» **GOAL OF THE EXERCISE**
In the entries below, every line that contains "length" must be located and copied.

» **EXTRACTED DATA**
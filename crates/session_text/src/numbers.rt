// The numbers of a line.
ghost use Rattle.std.specs.Prelude.{◌≤◌, length};

// A number with a digit behind it.
fn with_digit(value: u64, c: u8) -> u64 {
    if c < b'0' || value > 1844674407370955161 {
        return value;
    }
    (value * 10).wrapping_add(u64::from(c - b'0'))
}

// Takes a byte of a line into its numbers: a space starts the next. Answers how many there are.
fn with_byte(n: &mut [u64], count: usize, c: u8) -> usize
    requires { count ≤ length n.old }
    ensures { result ≤ length n.old }
{
    if c == b' ' {
        if count == n.len() {
            return count;
        }
        n[count] = 0;
        return count + 1;
    }
    if count > 0 {
        let at = count - 1;
        n[at] = with_digit(n[at], c);
    }
    count
}

// Writes the numbers of a line, each behind a space, and answers how many there are.
pub fn read(text: &[u8], n: &mut [u64]) -> usize
    ensures { result ≤ length n.old }
{
    let mut count = 0;
    for c in text {
        count = with_byte(n, count, *c);
    }
    count
}
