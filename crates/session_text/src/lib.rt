// The text of test sessions: the names of lines, the numbers of a line, words printed, what a call did to the store, and
// what is lent at most.
#![tactic(auto)]

pub mod lent;
pub mod names;
pub mod numbers;
pub mod printing;
pub mod shown;
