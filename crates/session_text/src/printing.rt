// Text and numbers on standard output.

pub fn text(t: &[u8]) {
    io::write_all(1, t);
}

// A number in decimal.
pub fn number(n: u64) {
    io::print_decimal(1, n);
}

// Words, each behind a space.
pub fn words(n: &[u64]) {
    for w in n {
        text(b" ");
        number(*w);
    }
}

// What a call returned, and the words of its answer, as many as the call can write.
pub fn answer<const N: usize>(returned: u64, answered: &[u64; N]) {
    number(returned);
    text(b", answer");
    words(answered);
}

// The words of the path.
pub fn path(p: &[u64; 4]) {
    text(b", path");
    words(p);
}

» **RESULT**
ghost use Rattle.std.specs.Prelude.{◌≤◌, length};
    requires { count ≤ length n.old }
    ensures { result ≤ length n.old }
    ensures { result ≤ length n.old }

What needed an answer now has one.